RECORDS FOR THIS TASK Block Start

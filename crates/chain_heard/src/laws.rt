//! The laws of what a client heard, whatever it was.
ghost use Rattle.chain_heard.specs.Coherent.{HeardIsCoherent, NoTargetHeardIsCoherent};
ghost use Rattle.chain_heard.specs.Heard.{CommandsAreFew, HeardAmongIsOrdered, HeardIsFresh, HeardIsOrdered, NoTargetHeardIsFresh, NoTargetHeardIsOrdered};

/// The law that the log of a client follows the history of the target, where its messages are, in order, what the value-adds
/// on the way said themselves and then messages with positions, each told rightly, which are, but for answers to storable commands,
/// a front of what the history owes to its channel; and the commands that the channel executes are, in order, some of those that
/// the value-adds didn't answer before they were bound, with all that go through. Where all that is owed was heard while nothing
/// is under way, and the log has no end, all of it has come.
pub fn what_was_heard_is_ordered()
    ensures among { HeardAmongIsOrdered }
    ensures alone { HeardIsOrdered }
{}

/// The law that the log of a client that heard nothing of the target follows the history, where its channels execute
/// nothing.
pub fn no_target_heard_is_ordered()
    ensures { NoTargetHeardIsOrdered }
{}

/// The law that a client has accepted fewer than 2^64 commands, whatever its calls.
pub fn commands_are_few()
    ensures { CommandsAreFew }
{}

/// The law that each answer with a position to a storable command, of the target or from a store on the way, is what the target
/// answers at that position, which comes behind all commands before it that may change the target.
pub fn what_was_heard_is_fresh()
    ensures heard { HeardIsFresh }
    ensures no_target { NoTargetHeardIsFresh }
{}

/// The law that what a client keeps is true: after each line of its log, of the target at the position of the last
/// message, where it heard of the target so. One that heard nothing of the target keeps nothing.
pub fn what_was_heard_is_true()
    ensures heard { HeardIsCoherent }
    ensures no_target { NoTargetHeardIsCoherent }
{}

RECORDS FOR THIS TASK Block End

## WORK INSTRUCTION:
What you give back should be only the lines of the records above, starting at the line with "of those that" and ending at the line with "whatever its calls.", restated word for word.

## THE ANSWER:
/// a front of what the history owes to its channel; and the commands that the channel executes are, in order, some of those that
/// the value-adds didn't answer before they were bound, with all that go through. Where all that is owed was heard while nothing
/// is under way, and the log has no end, all of it has come.
pub fn what_was_heard_is_ordered()
    ensures among { HeardAmongIsOrdered }
    ensures alone { HeardIsOrdered }
{}

/// The law that the log of a client that heard nothing of the target follows the history, where its channels execute
/// nothing.
pub fn no_target_heard_is_ordered()
    ensures { NoTargetHeardIsOrdered }
{}

/// The law that a client has accepted fewer than 2^64 commands, whatever its calls.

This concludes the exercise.